Details
-
Improvement
-
Status: Open
-
Major
-
Resolution: Unresolved
-
1.15.0
-
None
Description
As of 1.15.0 version, kudu-tserver and kudu-master both don't take into account current memory usage when admitting requests into the RPC queue. The only limit that is checked by ServicePool::QueueInboundCall() is the current size of the RPC service queue size, which is controlled by the --rpc_service_queue_length flag.
Given that the size of an incoming request might go as high as --rpc_max_message_size (50MiB by default) and --\rpc_service_queue_length might be set high to accommodate for a surge of incoming requests, Kudu servers might go beyond the hard memory limit controlled by the --memory_limit_hard_bytes flag. Also, the Raft prepare queue doesn't seem to expose a limit on the total size of requests accumulated in the queue.

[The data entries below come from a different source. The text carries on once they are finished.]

//! A store of one long file that is mostly 0.
ghost use Rattle.std.specs.Prelude.{◌≡◌, ◌+◌, ◌≤◌, length, None, Some, Ok, IfOk, IfErr, IsOk};
ghost use Rattle.vod_types.specs.declared.refusal.Refusal.TheVariants.{NoMemory};
ghost use Rattle.vod_source.specs.Stored.{size_of, bytes_at};
ghost use Rattle.vod_source.specs.Memory.{hole_file};

use crate::memory::zeros::refill;
use crate::{Store, StoreFailed};
use std::alloc::Global;
use std::marker::Model;
use vod_types::{Name, Refusal};

// The length of the longest loan.
const LOAN: usize = 65536;

/// One file, whose bytes after the first ones are 0 up to its size. It tells its content, and none of its calls fails.
#[derive(Drop)]
pub struct HoleStore {
    name: Name,
    first: Vec<u8>,
    size: u64,
    room: Vec<u8>,
}

impl Model for HoleStore {
    ghost use Rattle.std.specs.Prelude.{◌≤◌, vec_len, vec_capacity};
    ghost use Rattle.vod_source.specs.Memory.{HoleValue};

    ghost Value = { HoleValue };

    ghost view = { λ a. record { name = a.name; first = a.first.items; size = a.size } };

    ghost invariant = { λ a. (65536 ≤ vec_capacity a.room) × (vec_len a.first ≤ a.size) };
}

impl HoleStore {
    /// A file of `size` bytes that begins with these. It fails for want of memory.
    pub fn new(alloc: Global, name: Name, first: Vec<u8>, size: u64) -> Result<Self, Refusal>
        requires { length first.items ≤ size }
        ensures file { IfOk result (λ store. store ≡ record { name = name; first = first.items; size = size }) }
        ensures only { IfErr result (λ refusal. refusal ≡ NoMemory) }
    {
        match Vec::with_capacity(alloc, LOAN) {
            Ok(room) => Ok(HoleStore {
                name,
                first,
                size,
                room,
            }),
            Err(_) => Err(Refusal::NoMemory),
        }
    }
}

impl Store for HoleStore {
    ghost content = { λ s. Some (hole_file s) };

    ghost log = { λ _. None };

    ghost faults = { λ _. 0 };

    fn size(&mut self, name: &str) -> Result<Option<u64>, StoreFailed>
        ensures told { result ≡ Ok (size_of (hole_file self.old) name.now) }
        ensures file { self.new ≡ self.old }
    {
        Ok(if self.name.as_str() == name {
            Some(self.size)
        } else {
            None
        })
    }

    fn lend(&mut self, _name: &str, at: u64, n: usize) -> Result<&[u8], StoreFailed> {
        refill(&mut self.room, &self.first, at as usize, n);
        Ok(&self.room)
    }
}
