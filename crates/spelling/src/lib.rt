// What a text must look like: dates, extension names, and words in any letter case.
#![tactic(auto)]

pub mod case;
pub mod dates;
pub mod names;
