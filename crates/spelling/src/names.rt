// Names of extensions.
ghost use Rattle.std.specs.Prelude.{◌≡◌};
ghost use Rattle.spelling.specs.ExtensionNames.{name_octet, is_extension_name};

#[tactic(auto, unfolding(crate::specs::ExtensionNames::name_octet, crate::specs::ExtensionNames::alphanumeric, crate::specs::Characters::between))]
fn is_name_octet(c: u8) -> bool
    ensures { result ≡ name_octet c }
{
    c == b'_' || c.is_ascii_alphanumeric()
}

pub fn is_extension_name(s: &[u8]) -> bool
    ensures { result ≡ is_extension_name s.now }
{
    let underscore = octets::first(0..s.len(), |i| s[i] == b'_');
    0 < underscore && underscore + 1 < s.len() && !octets::any(0..s.len(), |i| !is_name_octet(s[i]))
}
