// Words in any letter case.
ghost use Rattle.std.specs.Prelude.{◌≡◌};
ghost use Rattle.spelling.specs.LetterCase.{in_any_case};

// The word is given in capitals.
pub fn is_in_any_case(s: &[u8], word: &[u8]) -> bool
    ensures { result ≡ in_any_case s.now word.now }
{
    s.len() == word.len() && !octets::any(0..s.len(), |i| s[i].to_ascii_uppercase() != word[i])
}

If too much memory is consumed by a Kudu server, it might exit unexpectedly either because it is killed by OOM killer or the new operator throws std::bad_alloc and the C++ runtime terminates the process with SIGABRT since memory allocation failures are not handled in the Kudu code.
At least, we saw an evidence of such situation when disk IO was very slow and kudu-tserver has accumulated many requests in its prepare queue (probably, there was some particular workload pattern which first sent many small write requests first and then followed up with big ones).